Hierarchical assembly of the MLL1 core complex within a biomolecular condensate regulates H3K4 methylation

Abstract

The enzymes that regulate histone H3 lysine 4 (H3K4) methylation are required for cellular differentiation and development and are often mutated in human disease. Mixed Lineage Leukemia protein-1 (MLL1) is a member of the SET1 family of histone H3 lysine 4 methyltransferases, which require interaction with a conserved sub-complex consisting of WDR5, RbBP5, Ash2L and DPY30 (WRAD2) for maximal activity. It is currently unclear how assembly of SET1 family complexes is involved in the spatiotemporal control of H3K4 methylation in eukaryotic genomes. In this investigation, we systematically characterized the hydrodynamic and kinetic properties of a reconstituted human MLL1 core complex and found that its assembly is highly concentration and temperature dependent.
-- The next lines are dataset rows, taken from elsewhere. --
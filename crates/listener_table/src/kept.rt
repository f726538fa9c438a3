//! What a table keeps of the state, behind a call that changes it or doesn't.
ghost use Rattle.std.specs.Prelude.{◌≡◌, ◌<◌, ◌+◌, ◌&&◌, max, not, if◌then◌else◌};
ghost use Rattle.board_book.specs.Moments.{moment_for};
ghost use Rattle.conn_machine.specs.States.{is_serving};
ghost use Rattle.conn_machine.specs.Table.{greatest_generation};

use conn_machine::Going;
use mpm_base::{GREATEST_MOMENT, Moment};

/// The present moment behind a call in which time passed to the moment that a clock gave, or didn't.
pub(crate) fn moment_behind(present: Moment, moment: Moment, passed: bool) -> Moment
    ensures { result ≡ (if passed then max present (moment_for moment) else present) }
{
    if passed {
        present.max(moment.min(GREATEST_MOMENT))
    } else {
        present
    }
}

/// The number of the newest generation behind a call that began one, or didn't.
pub(crate) fn newest_behind(newest: u32, begun: bool) -> u32
    requires { newest < greatest_generation }
    ensures { result ≡ (if begun then newest + 1 else newest) }
{
    if begun { newest + 1 } else { newest }
}

/// How the server goes on behind a call that made it go on so, or didn't.
pub(crate) fn going_behind(going: Going, next: Going, made: bool) -> Going
    ensures { result ≡ (if made then next else going) }
{
    if made { next } else { going }
}

/// Whether a server is gone that goes on so, and of which some child is there, or none: it takes no connections, and each child is gone.
pub(crate) fn is_gone_with(going: Going, staffed: bool) -> bool
    ensures { result ≡ (not (is_serving going) && not staffed) }
{
    !going.is_serving() && !staffed
}
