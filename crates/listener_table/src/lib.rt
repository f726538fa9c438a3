//! The listener's table: the board under its lock as the one who listens has it, with its pass, the credits of the children, and their lines.
//!
//! Each call is a part of a round, or of how a server opens or goes down, told by the events that pass 0 made, whatever others did between
//! them. What lasts from call to call is a fact of the type (`specs/Table.antt`): of whoever has a table, no call asks it. It keeps
//! beside its pass what pass 0 alone decides of the state, so that the present moment and how the server goes on cost no turn.
#![tactic(auto)]

mod down;
mod intake;
mod kept;
mod laws;
mod round;
mod table;

pub use table::Table;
Consistent with a hierarchical assembly pathway, we found that the holo-complex assembles through interactions between the MW and RAD2 sub-complexes, which is correlated with enzymatic activity. Surprisingly, we found that the disassembled state is favored at physiological temperatures, and that this thermodynamic barrier can be overcome under conditions that induce high-local concentrations of subunits in phase separated compartments. Combining this data with the observation that MLL1 primary sequence contains large regions of intrinsic disorder, we propose a “swinging-domain” model in which the interaction between a tethered MW subcomplex and multiple nucleosome-RAD2 complexes is regulated by the rapid formation or dissolution of biomolecular condensates, such as occurs in transcription factories. This model provides an elegant “switch-like” mechanism for spatiotemporal control of H3K4 methylation within eukaryotic genomes.